BMI, body mass index; PCA, principal component analysis.

The distribution of sleep trajectories of the included children was similar to that in the total sample reported previously (cf 2.1., Fig. 1 (Plancoulaine et al., 2018),): short sleep (SS, <10h30/night, 4.5%, medium-low sleep (MLS, 10h30-11h00/night, 48.5%), medium-high sleep (MHS, about 11h30/night, 37.4%), long sleep (LS, ≥11h30/night, 4.9%) and changing sleep (CS, i.e., LS then MLS, 4.7%).

Serum cytokine levels for the study sample are presented in Table 2.

Table 2

Serum cytokine levels (pg/mL) in the study sample (N ​= ​687). Mean and standard deviation (SD), median, minimum (Min.), maximum (Max.), and 5th/95th values are indicated.

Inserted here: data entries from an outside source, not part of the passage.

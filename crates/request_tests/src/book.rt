//! Tests of the job book, and the plain forms of its calls and replies.
#[cfg(test)]
mod counted;
#[cfg(test)]
mod counts;
pub mod drawn;
pub mod made;
#[cfg(test)]
mod many;
#[cfg(test)]
mod refused;
pub mod second;
#[cfg(test)]
mod seeded;
pub mod words;
#[cfg(test)]
mod worked;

	Mean (SD)	Median	Min.	Max.	5th percentile	95th percentile
IL-6	0.70 (0.99)	0.42	0.03	16.11	0.11	2.32
TNF-α	3.12 (1.10)	2.96	0.34	15.80	1.99	4.88
IL-10	0.72 (2.06)	0.43	0.02	50.85	0.18	1.89
IFN-γ	15.64 (34.64)	6.78	0.10	471.72	3.10	56.80

Raw and adjusted associations between 2- to 5 years sleep duration trajectories and serum cytokines levels at age 5 are presented in Table 3. Positive associations were observed between selective sleep duration trajectories and levels of specific cytokines. As compared with MHS, SS (<10h30/night) was associated with increased IL-6 level and CS (≥11h30 then 10h30-11h00/night) with increased TNF-α level. Adjustment on all covariates had limited impact on effect sizes and nominative p-values. We found no association between sleep duration trajectories and both IL-10 or IFN-γ level. Further adjustment on data collected at age 5 i.e., BMI, physical activity duration, score for the “diversified food” and “processed food” patterns, antibiotic use since age of 3 years, medical diagnosis of allergy since birth, number of children in the household did not change the results (Supplementary Table 2).

Table 3

Associations between sleep trajectories between age 2 to 5 years and cytokine serum levels at age 5. SS: short sleep (<10h30/night), MLS: medium-low sleep (10h30-11h00/night), MHS: medium-high sleep (about 11h30/night, reference (Ref.) trajectory), CS: changing sleep (LS then MLS) and LS: long sleep (≥11h30/night). MHS trajectory was used as the reference. SD: standard deviation.

	IL-6		TNF-α		IL-10		IFN-γ
	β (SD)	p-val.	β (SD)	p-val.	β (SD)	p-val.	β (SD)	p-val.
Model 1a
SS	0.40 (0.19)	0.03	−0.18 (0.19)	0.35	−0.16 (0.19)	0.41	−0.17 (0.19)	0.37
MLS	−0.04 (0.08)	0.62	−0.05 (0.21)	0.56	−0.09 (0.08)	0.25	−0.09 (0.08)	0.27
MHS	Ref.		Ref.		Ref.		Ref.
CS	0.06 (0.18)	0.74	0.45 (0.18)	0.01	0.17 (0.18)	0.34	0.27 (0.18)	0.13
LS	0.05 (0.18)	0.81	0.09 (0.19)	0.61	0.35 (0.19)	0.06	0.17 (0.19)	0.35
Model 2b
SS	0.39 (0.19)	0.03	−0.26 (0.19)	0.17	−0.17 (0.19)	0.36	−0.16 (0.19)	0.39
MLS	−0.02 (0.08)	0.82	−0.09 (0.08)	0.25	−0.10 (0.08)	0.22	−0.08 (0.08)	0.32
MHS	Ref.		Ref.		Ref.		Ref.
CS	0.06 (0.18)	0.74	0.45 (0.18)	0.01	0.21 (0.18)	0.25	0.26 (0.18)	0.15
LS	0.05 (0.19)	0.80	0.13 (0.18)	0.49	0.32 (0.19)	0.08	0.18 (0.19)	0.33

Model 1: Raw model.

Model 2: Model adjusted for maternal recruitment center, income and education, smoking during pregnancy, maternal age at delivery, maternal pre-pregnancy body mass index (BMI), breastfeeding duration, child sex, age, gestational age, and time of blood sampling.

Discussion

Here we show that the shorter sleep duration and changing sleep duration trajectories were associated with increased levels of IL-6 and TNF-α, respectively, but none of the sleep duration trajectories was associated with IL-10 and IFN-γ levels. This observation suggests that sleep patterns can selectively impact the serum levels of specific cytokines as early as in the preschool age, possibly priming health disorders later in life.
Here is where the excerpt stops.